Vertica is failing to start
/vertica/data/data/unified_db/v_unified_db_node0001_catalog/Epoch.log
—
Last good epoch: 0x2c25d ended at '2017-01-16 13:05:48.039817-05'
Last good catalog version: 0x32139
Vertical is failing to start:
we tried to start with last good epoch:
/opt/vertica/bin/admintools --tool restart_db -d unified_db -p XXX -e last
Info: Using default last good epoch
*** Restarting database unified_db at '0' epoch 0 ***
Unable to read database catalogs - cannot start database.
Database startup at '0' (epoch 0) failed. Contact Vertica Technical Support
0
Comments
Let me explain what's going on with single node Vertica DB example for simplicity.

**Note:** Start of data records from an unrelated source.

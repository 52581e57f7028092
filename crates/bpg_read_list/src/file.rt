// Reading a file into the list of its record. The entries are read a second time and written where they stay: there is no array of them between. A payload's
// start and the tag offset are taken from the positions, not from the entry: that is answered through memory, where the compiler would load two adjacent
// fields at once and wait for both stores.
ghost use Rattle.std.specs.Prelude.{◌≡◌, [], ◌∷◌, ◌≤◌, length as count, option_copied};
ghost use Rattle.bpg_codec.specs.Buffer.{written};
ghost use Rattle.bpg_format.specs.Limits.{max_entries};
ghost use Rattle.bpg_format.specs.Write.{written_answer, written_buffer};
ghost use Rattle.bpg_reader.specs.Calls.{either_reading};
ghost use Rattle.bpg_export_list.specs.Numbers.{list_length};
ghost use Rattle.bpg_export_list.specs.Calls.{listed};

use crate::fixed::put_fixed;
use bpg_bytes::BytePos;
use bpg_export_list::{FIXED, put};
use bpg_format::Written;
use bpg_read_entries::entry;
use bpg_read_survey::{FileSurvey, survey};
use bpg_refusal::Reason;

// The numbers of entry k, in its place.
fn put_entry(out: &mut [u64], k: usize, tag: u32, start: usize, length: u32, tag_offset: usize)
    requires { k ≤ max_entries }
    ensures { out.new ≡ written out.old (list_length k) (tag ∷ start ∷ length ∷ tag_offset ∷ []) }
{
    let part = [tag as u64, start as u64, length as u64, tag_offset as u64];
    put(out, FIXED + 4 * k, &part);
}

// The numbers of a file's reading, or of reading on from the list of its head, from the start of `numbers`: those in use, and what stands after them is
// left. A refusal leaves the whole list.
pub fn read(file: &[u8], given: Option<&[u64]>, numbers: &mut [u64]) -> Written
    ensures value { result ≡ written_answer (listed (count numbers.old) (either_reading (option_copied given.entry) file.now)) }
    ensures numbers_after { numbers.new ≡ written_buffer (listed (count numbers.old) (either_reading (option_copied given.entry) file.now)) numbers.old }
{
    let found = survey(file, given);
    let rest = match found.rest {
        Ok(rest) => rest,
        Err(refusal) => return Written::refused(refusal),
    };
    let head = found.head.unwrap();
    let used = rest.block.entry_count as usize;
    if numbers.len() < FIXED + 4 * used {
        return Written::refused(Reason::BufferTooSmall.at(BytePos(0)));
    }
    put_fixed(numbers, file.len(), FileSurvey { head, rest });
    let end = head.end.0 + head.extension_length as usize;
    let mut next = head.end;
    for k in 0..used {
        let step = entry::read_checked(&file[..end], next).unwrap();
        let length = step.value.payload.length;
        let start = step.next.0 - length as usize;
        put_entry(numbers, k, step.value.tag, start, length, next.0);
        next = step.next;
    }
    Written::of(FIXED + 4 * used)
}
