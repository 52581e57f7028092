// The payloads found in a run of JPEG segments.
#![tactic(auto)]

mod chunks;
mod run;
mod segment;

pub use run::{Found, find};
pub use segment::Part;
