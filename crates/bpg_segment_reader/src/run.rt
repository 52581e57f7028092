// The payloads of a run.
ghost use Rattle.bpg_segment_reader.specs.Runs.{FoundIn};

use crate::chunks::judge_chunks;
use crate::segment::{Part, part_at};

// Where EXIF and XMP stand in a run, and how long the profile is, whose chunks follow them. Where an empty part stands is open.
#[derive(Clone, Copy)]
pub struct Found {
    pub exif: Part,
    pub xmp: Part,
    pub icc_length: usize,
}

// The payloads of a run that export can make; none of any other.
pub fn find(run: &[u8]) -> Option<Found>
    ensures { FoundIn run.now result }
{
    let exif = part_at(run, 0, 0xe1, b"Exif\0\0");
    let xmp = part_at(run, exif.end, 0xe1, b"http://ns.adobe.com/xap/1.0/\0");
    let icc_length = judge_chunks(run, xmp.end)?;
    Some(Found {
        exif,
        xmp,
        icc_length,
    })
}
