// The chunks of a profile, from their place in a run to its end.
ghost use Rattle.std.specs.Prelude.{◌≡◌, ◌≤◌, length as count, drop, get_or};
ghost use Rattle.bpg_segment_rules.specs.Runs.{icc_prefix, icc_in};
ghost use Rattle.bpg_segment_reader.specs.Places.{PartAt, full_size, judged_length, judgement_of};

use crate::segment::{Part, part_at};
use bpg_bytes::byte_at;

// The chunk with this number and count at `at`. (That `at` lies in the run is required where it is read: a type for it would hold the run too.)
fn chunk_at(run: &[u8], at: usize, number: u8, total: u8) -> Part
    requires { at ≤ count run.now }
    ensures { PartAt run.now at 226 (icc_prefix number total) result }
{
    let prefix = [73, 67, 67, 95, 80, 82, 79, 70, 73, 76, 69, 0, number, total];
    part_at(run, at, 0xe2, &prefix)
}

// The count of chunks that the first chunk says, 0 where there is none.
fn count_at(run: &[u8], at: usize) -> u8
    requires { at ≤ count run.now }
    ensures { result ≡ get_or (drop at run.now) 17 0 }
{
    byte_at(run, at + 17)
}

// A chunk before `left` others has a size that it may have.
fn is_full(left: u8, size: usize) -> bool
    ensures { result ≡ full_size left size }
{
    (left == 0) | (size == 65_519)
}

// The length of the profile, if all its chunks are as they must be and nothing follows them.
pub(crate) fn judge_chunks(run: &[u8], at: usize) -> Option<usize>
    requires { at ≤ count run.now }
    ensures { judged_length 0 (icc_in (drop at run.now)) ≡ judgement_of result }
{
    let total = count_at(run, at);
    let mut p = at;
    let mut length: usize = 0;
    for k in 0..total {
        let chunk = chunk_at(run, p, k + 1, total);
        let size = chunk.end - chunk.start;
        if size == 0 {
            return None;
        }
        if !is_full(total - k - 1, size) {
            return None;
        }
        length += size;
        p = chunk.end;
    }
    if p == run.len() { Some(length) } else { None }
}
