// Up to 64 bits, gathered one field after another, to be written as bytes with zero bits up to the byte.
#![tactic(auto)]

ghost use Rattle.std.specs.Prelude.{◌≡◌, [], ◌∷◌, ◌++◌, min, ◌-◌, ◌≤◌};
ghost use Rattle.bpg_codec.specs.Bits.{bits as bits_of, zeros};
ghost use Rattle.bpg_codec.specs.Buffer.{written, written_end};
ghost use Rattle.bpg_bits.specs.BitNumbers.{exp_golomb};
ghost use Rattle.bpg_write_bits.specs.BitBuffer.{empty, overfull, appended, buffer_bytes};

use bpg_bits::exp_golomb;
use bpg_bytes::{BitPos, BytePos, buffer};

// The bits as a number, and how many they are: a HEVC header that keeps the rules has at most 56. More than 64 bits are one value too, and no
// `None`: `gathered` of any bits is a buffer, so that a header's fields are appended without a test between them (`Added`), and only the length
// of the whole is asked for.
#[derive(Clone, Copy)]
pub struct BitBuffer {
    pub bits: u64,
    pub len: BitPos,
}

// What stands for more than 64 bits.
const OVERFULL: BitBuffer = BitBuffer {
    bits: 0,
    len: BitPos(65),
};

impl BitBuffer {
    pub fn new() -> BitBuffer
        ensures { result ≡ empty }
    {
        BitBuffer {
            bits: 0,
            len: BitPos(0),
        }
    }

    // Appends the n low bits of v; n above 63 counts as 63.
    pub fn append(self, n: u32, v: u64) -> BitBuffer
        ensures { result ≡ appended self (bits_of (min n 63) v) }
    {
        let width = n.min(63) as usize;
        if 64 < self.len.0 || 64 - self.len.0 < width {
            return OVERFULL;
        }
        BitBuffer {
            bits: (self.bits << width) + v % (1u64 << width),
            len: BitPos(self.len.0 + width),
        }
    }

    // Appends one bit.
    pub fn append_flag(self, flag: bool) -> BitBuffer
        ensures { result ≡ appended self (flag ∷ []) }
    {
        self.append(1, u64::from(flag))
    }

    // Appends ue(v); nothing where v has no code.
    pub fn append_exp_golomb(self, v: u32) -> BitBuffer
        ensures { result ≡ appended self (exp_golomb.encode v) }
    {
        self.append(exp_golomb::size(v), u64::from(v) + 1)
    }

    // Writes the buffer's bytes at `at` and answers the position after them; where they do not fit, nothing is written and the
    // answer is `at`.
    pub fn write(self, out: &mut [u8], at: BytePos) -> BytePos
        ensures out_after { out.new ≡ written out.old at.0 (buffer_bytes self) }
        ensures result_value { result.0 ≡ written_end out.old at.0 (buffer_bytes self) }
    {
        let count = self.len.0.min(64);
        let bytes = left_aligned(self.bits, count).to_be_bytes();
        buffer::write(out, at, &bytes[..count.div_ceil(8)])
    }
}

// The n low bits of v, from the high end on; zeros after them.
fn left_aligned(v: u64, n: usize) -> u64
    requires { n ≤ 64 }
    ensures { bits_of 64 result ≡ bits_of n v ++ zeros (64 - n) }
{
    if n == 0 { 0 } else { v << (64 - n) }
}
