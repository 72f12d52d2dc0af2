ghost use Rattle.std.specs.Prelude.{◌≡◌, true, ◌≤◌};
ghost use Rattle.state.specs.State.{in_range};
ghost use Rattle.state.specs.Units.{micros_per_second};
ghost use Rattle.clock.specs.Tick.{rolls_over, tick_of};
ghost use Rattle.clock.specs.Inner.{reached_of, advance_of, moved_to, less_a_second};

use crate::divided::Divided;
use crate::sound::Sound;
use state::{
    Clock, LAST_SECOND, MICROS_PER_SECOND, Micros, Outcome, PHASE_PER_MICRO, PhaseParts,
    PhaseUnits, REFUSED_LAST, REFUSED_STATE,
};

// The microseconds, the phase and the leftover that ticks lead to, before a rollover takes a second off.
#[derive(Clone, Copy)]
pub(crate) struct Advance {
    pub(crate) micros: Micros,
    pub(crate) phase: PhaseUnits,
    pub(crate) leftover: PhaseParts,
}

impl Advance {
    // What a rollover leaves of microseconds that have filled the second.
    pub(crate) fn less_a_second(self) -> Advance
        requires { micros_per_second ≤ self.micros.0 }
        ensures { result ≡ less_a_second self }
    {
        Advance {
            micros: Micros(self.micros.0 - MICROS_PER_SECOND),
            ..self
        }
    }
}

// The clock with the microseconds, the phase and the leftover that its ticks lead to.
fn moved_to(c: Clock, a: Advance) -> Clock
    ensures { result ≡ moved_to c a }
{
    Clock {
        micros: a.micros,
        phase: a.phase,
        leftover: a.leftover,
        ..c
    }
}

impl Sound {
    // The whole phase units that the leftover reaches by a tick, and what they leave of it. It is one unit at
    // most: two comparisons, where a division would take longer than all the rest of a tick.
    fn reached(self) -> Divided
        ensures { result ≡ reached_of self.clock }
    {
        let divisor = self.divisor();
        let parts = self.clock.leftover.0 + self.clock.remainder.0;
        let unit = (divisor <= parts) as i32 - (parts <= -divisor) as i32;
        Divided {
            quotient: PhaseUnits(unit),
            remainder: PhaseParts(parts - unit * divisor),
        }
    }

    // A tick's own, in 32 bits. A jump of one tick would give the same, by a division and in 64.
    fn advance(self) -> Advance
        ensures { result ≡ advance_of self.clock }
    {
        let reached = self.reached();
        let sum = self.clock.phase.0 + self.clock.adjustment.0 + reached.quotient.0;
        let carry = sum / PHASE_PER_MICRO;
        Advance {
            micros: Micros(((self.clock.micros.0 + self.device().tick.0) as i32 + carry) as u32),
            phase: PhaseUnits(sum - carry * PHASE_PER_MICRO),
            leftover: reached.remainder,
        }
    }

    // The clock at a place that lies within its second.
    pub(crate) fn at(self, a: Advance) -> Sound
        requires { in_range (moved_to self.clock a) ≡ true }
        ensures { result.clock ≡ moved_to self.clock a }
    {
        Sound {
            clock: moved_to(self.clock, a),
        }
    }

    // A tick that reaches the end of its second. Apart from `tick`, so that the ticks within a second stay
    // short. The answers are written out here and in `tick`: `Outcome::accepted` and `Outcome::refused` cost
    // each tick three instructions more.
    fn overflow(self, a: Advance) -> Outcome
        requires full { rolls_over self.clock ≡ true }
        requires ticked { a ≡ advance_of self.clock }
        ensures { result ≡ tick_of self.clock }
    {
        if self.clock.seconds == LAST_SECOND {
            return Outcome {
                refusal: REFUSED_LAST,
                clock: self.clock,
            };
        }
        let rolled = self.at(a.less_a_second()).rollover();
        Outcome {
            refusal: 0,
            clock: rolled.clock,
        }
    }
}

// One timer tick: hardclock() of RFC 1589.
pub fn tick(c: Clock) -> Outcome
    ensures { result ≡ tick_of c }
{
    let Some(sound) = Sound::of(c) else {
        return Outcome {
            refusal: REFUSED_STATE,
            clock: c,
        };
    };
    let a = sound.advance();
    if a.micros.0 < MICROS_PER_SECOND {
        return Outcome {
            refusal: 0,
            clock: moved_to(sound.clock, a),
        };
    }
    sound.overflow(a)
}
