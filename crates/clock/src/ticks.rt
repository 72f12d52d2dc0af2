// Many ticks in one call.
ghost use Rattle.std.specs.Prelude.{◌≡◌, ◌≤◌};
ghost use Rattle.clock.specs.Ticks.{catch_up_of, greatest_ceiling, ticks_of};

use crate::run::{CaughtUp, run};
use crate::sound::Sound;
use state::{Clock, Outcome, Refusal};

// The most ticks that a catch-up may be asked for.
pub const MAX_CEILING: u64 = 65536;

// Up to `ceiling` ticks, to the first that is refused; where `stop`, to the tick that rolls the second over.
// That no more are accepted follows from the definition, and is promised for a caller who counts down what is
// left.
pub fn catch_up(c: Clock, ceiling: u64, stop: bool) -> CaughtUp
    ensures value { result ≡ catch_up_of c ceiling stop }
    ensures count_le_ceiling { result.count ≤ ceiling }
    ensures max_ceiling_value { MAX_CEILING ≡ greatest_ceiling }
{
    let Some(sound) = Sound::of(c) else {
        return CaughtUp::refused(c, Refusal::State);
    };
    if MAX_CEILING < ceiling {
        return CaughtUp::refused(c, Refusal::Ceiling);
    }
    run(sound, ceiling, stop)
}

// Up to n single ticks. The answer of the first that is refused, with the clock that the accepted ones led
// to; or refusal 0. A clock out of range is refused even where n is 0.
pub fn run_ticks(c: Clock, n: u64) -> Outcome
    ensures { result ≡ ticks_of n c }
{
    let Some(sound) = Sound::of(c) else {
        return Outcome::refused(c, Refusal::State);
    };
    let r = run(sound, n, false);
    Outcome {
        refusal: r.tick_refusal,
        clock: r.clock,
    }
}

Single node Vertica DB can run into this situation, if a node had some kind of issue with a ROS containers saved on disk. Vertica checks for validity of each ROS container at startup and may find one ROS container to be missing or corrupted. If Vertica find ROS container missing , it will mark checkpoint epoch of the projection having missing ROS container to epoch one less than start epoch of missing ROS container. LGE epoch of a node is min of checkpoint epoch of projections on that node and above situation will pull LGE of node back too.
Vertica does not allow recovery of to epoch prior to AHM(ancient history mark). Vertica does not keep map of epoch and timestamps for epochs prior to AHM epoch. If node recovery is suggesting LGE to be older than AHM epoch , vertica has not way to map this to timestamp and for that reason , you are seeing recovery epoch to 0.
How to fix this situation in database after Version 7.2.x:
admintools -t start_db -d -U
Query projection_checkpoint_epochs table to find projection that has CPE lower than AHM epoch. You can use get_ahm_epoch() api to find AHM epoch.
Disable recovery for table/projection having issue by running following command
SELECT do_tm_task('abortrecovery','
<
table name>');
IMPORTANT: You need to know that with above steps you have told vertica to not recover a specific projection and table. This table will have data consistency issues and it is recomended to recreate this table by loading data from source files or by copying data from corrupted table.
Hope this helps ..
Thank you for this instruction. It help us today.
Today part of our servers were randomly shutdown while cluster recovery. Due to electricity. Catalog became inconsistent and each node had each own LGE that was less than AHM. Cluster didn't start nor by force option, nor by rollbacking to last LGE.
It would be great if such technical points would be reflected in the documentation.